Voluntariado é
peça-chave da cultura corporativa do Grupo, que tem 35% dos 7.000 colaboradores
inscritos em plataforma do Instituto Sabin
No Dia
Nacional do Voluntariado, 28 de agosto, o Instituto Sabin lança um edital
interno para financiar 25 iniciativas indicadas pelos colaboradores, com o
aporte de R$ 500 para cada, dentro da programação do Mês do Voluntariado. Esta
é uma das diversas iniciativas do Grupo que coloca a filantropia no centro da cultura
corporativa, tanto como ferramenta para promover o bem-estar
do próximo quanto para desenvolvimento dos próprios funcionários.
“Atuamos
para fortalecer o voluntariado corporativo nas regionais em que o Grupo Sabin
está presente, promovendo iniciativas que atendem às demandas específicas de
cada comunidade e ampliam o impacto social de suas atividades”, explica o
gerente executivo da organização social, Gabriel Cardoso.
A
iniciativa integra
um dos eixos estratégicos do Instituto (Engajamento
Social e Filantropia), e é organizado em dois
perfis: líderes de impacto, para os que mantém compromisso continuado,
totalizando 70 pessoas, e voluntários gerais, que oferecem uma atuação pontual.

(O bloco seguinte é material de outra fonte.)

// The rows of options, on the ground of a course.

ghost use Rattle.std.specs.Prelude.{◌≡◌, map, Some, [], IsTrue, option_copied};
ghost use Rattle.std.specs.List.{All};
ghost use Rattle.std.specs.Option.{option_map_or};
ghost use Rattle.sect_people.specs.Order.{all_differ};
ghost use Rattle.sect_model.specs.Allowed.{reservations_of};
ghost use Rattle.sect_model.specs.World.{offering_of};
ghost use Rattle.sect_model.specs.Choice.{subparts_of};
ghost use Rattle.sect_model.specs.Path.{next_subpart};
ghost use Rattle.sect_moment.specs.Ground.{IsGroundOf};
ghost use Rattle.sect_moment.specs.Found.{IsConfig, IsReservation, IsSection};
ghost use Rattle.sect_rules.specs.Decided.{subparts_at};

use sect_base::{ConfigId, CourseId, SectionId};
use sect_catalog::{ConfigRow, SectionRow, SubpartRow};
use sect_moment::{Ground, subparts_in};
use sect_reserve::Reservation;
use sect_space::World;

/// The reservations of the course's offering, no two of one id.
pub fn reservations<'a>(
    world: &World,
    course: CourseId,
    ground: Option<Ground<'a>>,
) -> &'a [Reservation]
    requires { IsGroundOf world.now.world (Some course) ground }
    ensures value { result.now ≡ option_map_or (λ o. reservations_of world.now.world o.id) (offering_of world.now.world course) [] }
    ensures differ { IsTrue (all_differ (map (λ r. r.id.0) result.now)) }
    ensures found { All (IsReservation world.now.world) result.now }
{
    let _ = course;
    world.recall_kept();
    match ground {
        Some(ground) => ground.reservations,
        None => &[],
    }
}

/// The configurations of the course's offering, no two of one id.
pub fn configs<'a>(world: &World, course: CourseId, ground: Option<Ground<'a>>) -> &'a [ConfigRow]
    requires { IsGroundOf world.now.world (Some course) ground }
    ensures value { result.now ≡ option_map_or (λ o. o.configs) (offering_of world.now.world course) [] }
    ensures differ { IsTrue (all_differ (map (λ g. g.id.0) result.now)) }
    ensures found { All (IsConfig world.now.world (Some course)) result.now }
{
    let _ = course;
    world.recall_kept();
    match ground {
        Some(ground) => ground.offering.configs.as_slice(),
        None => &[],
    }
}

/// The subparts of a configuration of the course's offering.
fn subparts<'a>(
    world: &World,
    course: CourseId,
    ground: Option<Ground<'a>>,
    config: ConfigId,
) -> &'a [SubpartRow]
    requires { IsGroundOf world.now.world (Some course) ground }
    ensures { result.now ≡ subparts_of world.now.world course config }
{
    let _ = world;
    let _ = course;
    match ground {
        Some(ground) => subparts_in(ground.offering, config),
        None => &[],
    }
}

/// The subparts of the configuration decided on, if one was.
pub fn subparts_at<'a>(
    world: &World,
    course: Option<CourseId>,
    ground: Option<Ground<'a>>,
    config: Option<ConfigId>,
) -> &'a [SubpartRow]
    requires { IsGroundOf world.now.world course ground }
    ensures { result.now ≡ subparts_at world.now.world course config }
{
    match (course, config) {
        (Some(course), Some(config)) => subparts(world, course, ground, config),
        _ => &[],
    }
}

/// The subpart that comes after so many sections, among those of the configuration.
fn subpart_after<'a>(
    world: &World,
    course: CourseId,
    config: ConfigId,
    subparts: &'a [SubpartRow],
    sections: &[SectionId],
) -> Option<&'a SubpartRow>
    requires { subparts.now ≡ subparts_of world.now.world course config }
    ensures { option_copied result ≡ next_subpart world.now.world course config sections.now }
{
    let _ = world;
    let _ = course;
    let _ = config;
    subparts.get(sections.len())
}

/// The sections of the subpart that comes after those chosen, no two of one id.
pub fn next_sections<'a>(
    world: &World,
    course: CourseId,
    config: ConfigId,
    subparts: &'a [SubpartRow],
    sections: &[SectionId],
) -> &'a [SectionRow]
    requires { subparts.now ≡ subparts_of world.now.world course config }
    ensures value { result.now ≡ option_map_or (λ p. p.sections) (next_subpart world.now.world course config sections.now) [] }
    ensures differ { IsTrue (all_differ (map (λ s. s.id.0) result.now)) }
    ensures found { All (IsSection world.now.world) result.now }
{
    world.recall_kept();
    match subpart_after(world, course, config, subparts, sections) {
        Some(row) => row.sections.as_slice(),
        None => &[],
    }
}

Estes somam mais de 2.500 colaboradores
cadastrados.
A operação
acontece por meio de uma plataforma, com cadastro, criação/convite de ações,
registro de presença, mídia e currículo. O Instituto tem também a sua forma de
reconhecer os esforços de todos os participantes do programa, por meio da
Gincana do Bem, premiando os destaques por equipes/regionais e individualmente.
“O
voluntariado corporativo é atemporal e permanece contemporâneo”, considera
Gabriel Cardoso. Segundo ele, os diversos benefícios proporcionados pela
iniciativa começam no próprio voluntário, promovendo o seu bem-estar,
melhorando o humor e a sensação de felicidade e gratidão, além de promover o
desenvolvimento de competências como liderança, comunicação, negociação e
resolução de problemas.
Para as
empresas, o engajamento social proporciona colaboradores com soft skills mais fortes e melhor
ambiente de trabalho, com relações mais colaborativas. Às comunidades atendidas
pelos voluntários, há o fortalecimento do tecido social e da resiliência cívica
frente a crises.
“Diante da
crise climática e do envelhecimento populacional, o voluntariado tende a ser
mais frequente e estruturado na vida das pessoas, fortalecendo comunidades mais
resilientes. Em essência, é doar tempo de vida para algo maior que nós mesmos”,
conclui.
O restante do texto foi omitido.